2019 All-Ireland Senior Club Hurling Championship Final
- Event: 2018-19 All-Ireland Senior Club Hurling Championship
| St. Thomas' | Ballyhale Shamrocks |
| 2-11 | 2-28 |
- Date: 17 March 2019
- Venue: Croke Park, Dublin
- Referee: Fergal Horgan (Tipperary)

= 2019 All-Ireland Senior Club Hurling Championship final =

The 2019 All-Ireland Senior Club Hurling Championship final was a hurling match which was played at Croke Park on 17 March 2019 to determine the winners of the 2018-19 All-Ireland Senior Club Hurling Championship, the 49th season of the All-Ireland Senior Club Hurling Championship, a tournament organised by the Gaelic Athletic Association for the champion clubs of the four provinces of Ireland. The final was contested by St. Thomas' of Galway and Ballyhale Shamrocks of Kilkenny, with Ballyhale Shamrockswinning by 2–28 to 2–11.

The All-Ireland final between Ballyhale Shamrocks and St. Thomas's was a unique occasion as it was the first ever championship meeting between the two teams. Ballyhale Shamrocks were hoping to win their seventh All-Ireland title, while St. Thomas's were bidding to win their second title after previously winning in 2013.

Ballyhale Shamrocks threatened to streak clear from the start. A nervous-looking St Thomas's hit a poor wide and overplayed a handpass when well placed while Shamrocks were far more clinical, moving three clear thanks to a point from Adrian Mullen either side of a free and first from play for T. J. Reid.
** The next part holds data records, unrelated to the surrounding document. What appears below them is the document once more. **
impl<'a> Lexer<'a> {
    fn unsupported<T>(&self) -> Result<T, ScriptFault>
        ensures { result ≡ fault_at self.now.line reasons.Unsupported }
    {
        Err(ScriptFault {
            line: self.line,
            why: Reason::Unsupported,
        })
    }

    fn push_byte(&mut self, mode: Mode, byte: u8) -> Result<(), ScriptFault>
        ensures reads { Leaves reader_of self.new result
            (Ok (with_symbol (reader_of self.old) mode (byte_symbol byte))) }
        ensures line { self.new.line ≡ self.old.line }
    {
        self.literal.push(byte)?;
        self.mode = mode;
        Ok(())
    }

    /// Turns the bytes after the parts into a part.
    #[inline(always)]
    fn end_literal(&mut self) -> Result<(), ScriptFault>
        ensures same { Leaves reader_of self.new result (Ok (reader_of self.old)) }
        ensures line { self.new.line ≡ self.old.line }
        ensures mode { OnOk result (self.new.mode ≡ self.old.mode) }
        ensures emptied { OnOk result (self.new.literal.items ≡ []) }
    {
        if !self.literal.is_empty() {
            let literal = Bytes::from_slice(self.alloc, &self.literal)?;
            self.parts.push(Part::Lit(literal))?;
            self.literal.clear();
        }
        Ok(())
    }

    #[inline(always)]
    fn push_parameter(&mut self, mode: Mode, part: Part) -> Result<(), ScriptFault>
        ensures reads { Leaves reader_of self.new result
            (Ok (with_symbols (reader_of self.old) mode (symbols_of_part part))) }
        ensures line { self.new.line ≡ self.old.line }
    {
        self.end_literal()?;
        self.parts.push(part)?;
        self.mode = mode;
        Ok(())
    }

    #[inline(always)]
    fn push_token(&mut self, token: Token<'a>) -> Result<(), ScriptFault>
        ensures reads { Leaves reader_of self.new result (Ok (with_token (reader_of self.old) (token_of token.entry))) }
        ensures line { self.new.line ≡ self.old.line }
    {
        self.tokens.push(token)?;
        self.mode = Mode::Gap;
        Ok(())
    }

    /// Ends the current word.
    #[inline(always)]
    fn push_word(&mut self) -> Result<(), ScriptFault>
        ensures reads { Leaves reader_of self.new result (Ok (with_word (reader_of self.old))) }
        ensures line { self.new.line ≡ self.old.line }
    {
        self.end_literal()?;
        let mut parts = Vec::with_capacity(self.alloc, self.parts.len())?;
        parts.append(&mut self.parts)?;
        self.push_token(Token::Word(self.word_line, Item::Built(self.is_plain, parts)))
    }

    fn open_quote(&mut self, mode: Mode)
        ensures { reader_of self.new ≡ with_quote (reader_of self.old) mode }
    {
        self.mode = mode;
        self.opened = self.line;
        self.is_plain = false;
        self.is_number = false;
    }

    #[tactic(auto, unfolding(crate::specs::Bytes::is_plain))]
    fn word_byte(&mut self, byte: u8) -> Result<(), ScriptFault>
        ensures reads { Leaves reader_of self.new result (word_byte (reader_of self.old) byte) }
        ensures line { self.new.line ≡ self.old.line }
    {
        match byte {
            b'\'' => self.open_quote(Mode::Single),
            b'"' => self.open_quote(Mode::Double),
            b'$' => self.open_quote(Mode::Dollar),
            _ => {
                if !is_plain_byte(byte) {
                    return self.unsupported();
                }
                self.push_byte(Mode::Word, byte)?;
                self.is_number = self.is_number && byte.is_ascii_digit();
            }
        }
        Ok(())
    }

    fn single_byte(&mut self, byte: u8) -> Result<(), ScriptFault>
        requires { self.old.line + 1 < 2 ^ 64 }
        ensures reads { Leaves reader_of self.new result (in_single (reader_of self.old) byte) }
        ensures line { self.new.line ≤ self.old.line + 1 }
    {
        if byte == b'\'' {
            self.mode = Mode::Word;
            return Ok(());
        }
        self.push_byte(Mode::Single, byte)?;
        if byte == b'\n' {
            self.line += 1;
        }
        Ok(())
    }

    fn double_byte(&mut self, byte: u8) -> Result<(), ScriptFault>
        requires { self.old.line + 1 < 2 ^ 64 }
        ensures reads { Leaves reader_of self.new result (in_double (reader_of self.old) byte) }
        ensures line { self.new.line ≤ self.old.line + 1 }
    {
        match byte {
            b'"' => self.mode = Mode::Word,
            b'$' => self.mode = Mode::QuotedDollar,
            b'\\' => self.mode = Mode::Escape,
            b'`' => return self.unsupported(),
            _ => {
                self.push_byte(Mode::Double, byte)?;
                if byte == b'\n' {
                    self.line += 1;
                }
            }
        }
        Ok(())
    }

    fn escaped_byte(&mut self, byte: u8) -> Result<(), ScriptFault>
        ensures reads { Leaves reader_of self.new result (after_backslash (reader_of self.old) byte) }
        ensures line { self.new.line ≡ self.old.line }
    {
        if byte == b'\n' {
            return self.unsupported();
        }
        if !matches!(byte, b'$' | b'`' | b'"' | b'\\') {
            self.push_byte(Mode::Double, b'\\')?;
        }
        self.push_byte(Mode::Double, byte)
    }

    /// Begins a name.
    fn begin_name(&mut self, mode: Mode, byte: u8) -> Result<(), ScriptFault>
        ensures reads { Leaves reader_of self.new result (Ok (with_name (reader_of self.old) mode byte)) }
        ensures line { self.new.line ≡ self.old.line }
    {
        self.name.clear();
        self.name.push(byte)?;
        self.mode = mode;
        Ok(())
    }

    fn parameter_byte(&mut self, byte: u8) -> Result<(), ScriptFault>
        ensures reads { Leaves reader_of self.new result (after_dollar (reader_of self.old) byte) }
        ensures line { self.new.line ≡ self.old.line }
    {
        if is_name_start(byte) {
            return self.begin_name(Mode::Name, byte);
        }
        match parameter_of(byte) {
            Some(parameter) => self.push_parameter(Mode::Word, Part::Bare(parameter)),
            None => self.unsupported(),
        }
    }

    fn quoted_parameter_byte(&mut self, byte: u8) -> Result<(), ScriptFault>
        ensures reads { Leaves reader_of self.new result (after_quoted_dollar (reader_of self.old) byte) }
        ensures line { self.new.line ≡ self.old.line }
    {
        if is_name_start(byte) {
            return self.begin_name(Mode::QuotedName, byte);
        }
        match parameter_of(byte) {
            Some(parameter) => self.push_parameter(Mode::Double, Part::Quoted(parameter)),
            None => self.unsupported(),
        }
    }

    /// Ends a name outside quotes.
    fn push_name(&mut self) -> Result<(), ScriptFault>
        ensures reads { Leaves reader_of self.new result
            (Ok (with_symbol (reader_of self.old) modes.Word (named_bare (reader_of self.old).name))) }
        ensures line { self.new.line ≡ self.old.line }
    {
        let name = Bytes::from_slice(self.alloc, &self.name)?;
        self.push_parameter(Mode::Word, Part::NamedBare(name))
    }

    /// Ends a name in double quotes.
    fn push_quoted_name(&mut self) -> Result<(), ScriptFault>
        ensures reads { Leaves reader_of self.new result
            (Ok (with_symbol (reader_of self.old) modes.Double (named_quoted (reader_of self.old).name))) }
        ensures line { self.new.line ≡ self.old.line }
    {
        let name = Bytes::from_slice(self.alloc, &self.name)?;
        self.push_parameter(Mode::Double, Part::NamedQuoted(name))
    }

    fn begin_word(&mut self)
        ensures { reader_of self.new ≡ with_begun_word (reader_of self.old) }
    {
        self.word_line = self.line;
        self.is_plain = true;
        self.is_number = true;
        self.parts.clear();
        self.literal.clear();
    }

    #[inline(always)]
    fn gap_byte(&mut self, byte: u8) -> Result<(), ScriptFault>
        requires { self.old.line + 1 < 2 ^ 64 }
        ensures reads { Leaves reader_of self.new result (gap_byte (reader_of self.old) byte) }
        ensures line { self.new.line ≤ self.old.line + 1 }
    {
        match byte {
            b' ' | b'\t' => self.mode = Mode::Gap,
            b'\n' => {
                self.push_token(Token::Newline(self.line))?;
                self.line += 1;
            }
            b';' => {
                self.push_token(Token::Semicolon(self.line))?;
                self.mode = Mode::Semicolon;
            }
            b'>' => self.mode = Mode::Redirect,
            b'#' => self.mode = Mode::Comment,
            _ => {
                self.begin_word();
                return self.word_byte(byte);
            }
        }
        Ok(())
    }

    fn in_word_byte(&mut self, byte: u8) -> Result<(), ScriptFault>
        requires { self.old.line + 1 < 2 ^ 64 }
        ensures reads { Leaves reader_of self.new result (in_word (reader_of self.old) byte) }
        ensures line { self.new.line ≤ self.old.line + 1 }
    {
        match byte {
            b'>' if self.is_number => self.unsupported(),
            b' ' | b'\t' | b'\n' | b';' | b'>' => {
                self.push_word()?;
                self.gap_byte(byte)
            }
            _ => self.word_byte(byte),
        }
    }

    fn name_byte(&mut self, byte: u8) -> Result<(), ScriptFault>
        requires { self.old.line + 1 < 2 ^ 64 }
        ensures reads { Leaves reader_of self.new result (in_name (reader_of self.old) byte) }
        ensures line { self.new.line ≤ self.old.line + 1 }
    {
        if is_name_byte(byte) {
            self.name.push(byte)?;
            return Ok(());
        }
        self.push_name()?;
        self.in_word_byte(byte)
    }

    fn quoted_name_byte(&mut self, byte: u8) -> Result<(), ScriptFault>
        requires { self.old.line + 1 < 2 ^ 64 }
        ensures reads { Leaves reader_of self.new result (in_quoted_name (reader_of self.old) byte) }
        ensures line { self.new.line ≤ self.old.line + 1 }
    {
        if is_name_byte(byte) {
            self.name.push(byte)?;
            return Ok(());
        }
        self.push_quoted_name()?;
        self.double_byte(byte)
    }

    fn redirect_byte(&mut self, byte: u8) -> Result<(), ScriptFault>
        requires { self.old.line + 1 < 2 ^ 64 }
        ensures reads { Leaves reader_of self.new result (after_redirect (reader_of self.old) byte) }
        ensures line { self.new.line ≤ self.old.line + 1 }
    {
        self.push_token(Token::Redirect(self.line, byte == b'>'))?;
        if byte == b'>' {
            return Ok(());
        }
        self.gap_byte(byte)
    }

    /// Reads one more byte.
    #[tactic(auto, unfolding(crate::specs::Reading::next_byte))]
    fn byte(&mut self, byte: u8) -> Result<(), ScriptFault>
        requires { self.old.line + 1 < 2 ^ 64 }
        ensures reads { Leaves reader_of self.new result (next_byte (reader_of self.old) byte) }
        ensures line { self.new.line ≤ self.old.line + 1 }
    {
        match self.mode {
            Mode::Gap => self.gap_byte(byte),
            Mode::Semicolon => {
                if byte == b';' {
                    return self.unsupported();
                }
                self.gap_byte(byte)
            }
            Mode::Redirect => self.redirect_byte(byte),
            Mode::Comment => {
                if byte == b'\n' {
                    return self.gap_byte(byte);
                }
                Ok(())
            }
            Mode::Word => self.in_word_byte(byte),
            Mode::Dollar => self.parameter_byte(byte),
            Mode::Name => self.name_byte(byte),
            Mode::Single => self.single_byte(byte),
            Mode::Double => self.double_byte(byte),
            Mode::QuotedDollar => self.quoted_parameter_byte(byte),
            Mode::QuotedName => self.quoted_name_byte(byte),
            Mode::Escape => self.escaped_byte(byte),
        }
    }

    pub fn new(alloc: Global) -> Lexer<'a>
        ensures reader { reader_of result ≡ at_start }
        ensures line { result.line ≡ 1 }
    {
        Lexer {
            alloc,
            mode: Mode::Gap,
            line: 1,
            opened: 1,
            word_line: 1,
            is_plain: true,
            is_number: true,
            parts: Vec::new(alloc),
            literal: Vec::new(alloc),
            name: Vec::new(alloc),
            tokens: Vec::new(alloc),
        }
    }

    /// Ends the text, and takes the tokens read since the last call of `take_tokens`.
    #[tactic(auto, unfolding(crate::specs::Reading::at_end))]
    pub fn finish(&mut self) -> Result<Vec<Token<'a>>, ScriptFault>
        ensures { Gives (λ v. map token_of v.items) result (at_end (reader_of self.old)) }
    {
        let line = self.line;
        match self.mode {
            Mode::Gap | Mode::Semicolon | Mode::Comment => {}
            Mode::Redirect => self.push_token(Token::Redirect(line, false))?,
            Mode::Word => self.push_word()?,
            Mode::Name => {
                self.push_name()?;
                self.push_word()?;
            }
            Mode::Dollar | Mode::QuotedDollar => return self.unsupported(),
            Mode::Single | Mode::Double | Mode::QuotedName | Mode::Escape => {
                return Err(ScriptFault {
                    line: self.opened,
                    why: Reason::OpenQuote,
                });
            }
        }
        Ok(mem::replace(&mut self.tokens, Vec::new(self.alloc)))
    }
}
The Kilkenny champions led 2–10 to 1-08 after an entertaining first period that saw Colin Fennelly raise two green flags, the second from an audacious piece of skill, but St Thomas's hit back with a penalty from Conor Cooney.

It was all one-way traffic after the break, however, as Thomas's only managed four scores – including a late consolation goal from Darragh Burke - and Ballyhale sent over a relentless stream of points. The sight of Conor Cooney going for goal from a 20m free with 15 minutes to play – it was blocked – was indicative of Thomas's already being resigned to their fate. Darragh Burke got Thomas's second goal, swiping a Shane Cooney delivery past Mason, six minutes into injury-time but even that only reduced the lead to 16 points.

==Match==
===Details===

17 March 2019
St. Thomas 2-11 - 2-28 Ballyhale Shamrocks
  St. Thomas: Darragh Burke 0-7 (5f, 1’65’), C Cooney (pen), David Burke 1-0 each, B Burke, D McGlynn, J Regan, B Farrell 0-1 each.
  Ballyhale Shamrocks: TJ Reid 0-9 (5f), C Fennelly 2-4, A Mullin 0-5, E Cody, B Cody, P Mullin 0-2 each, E Shefflin, R Reid, R Corcoran, M Aylward 0-1 each.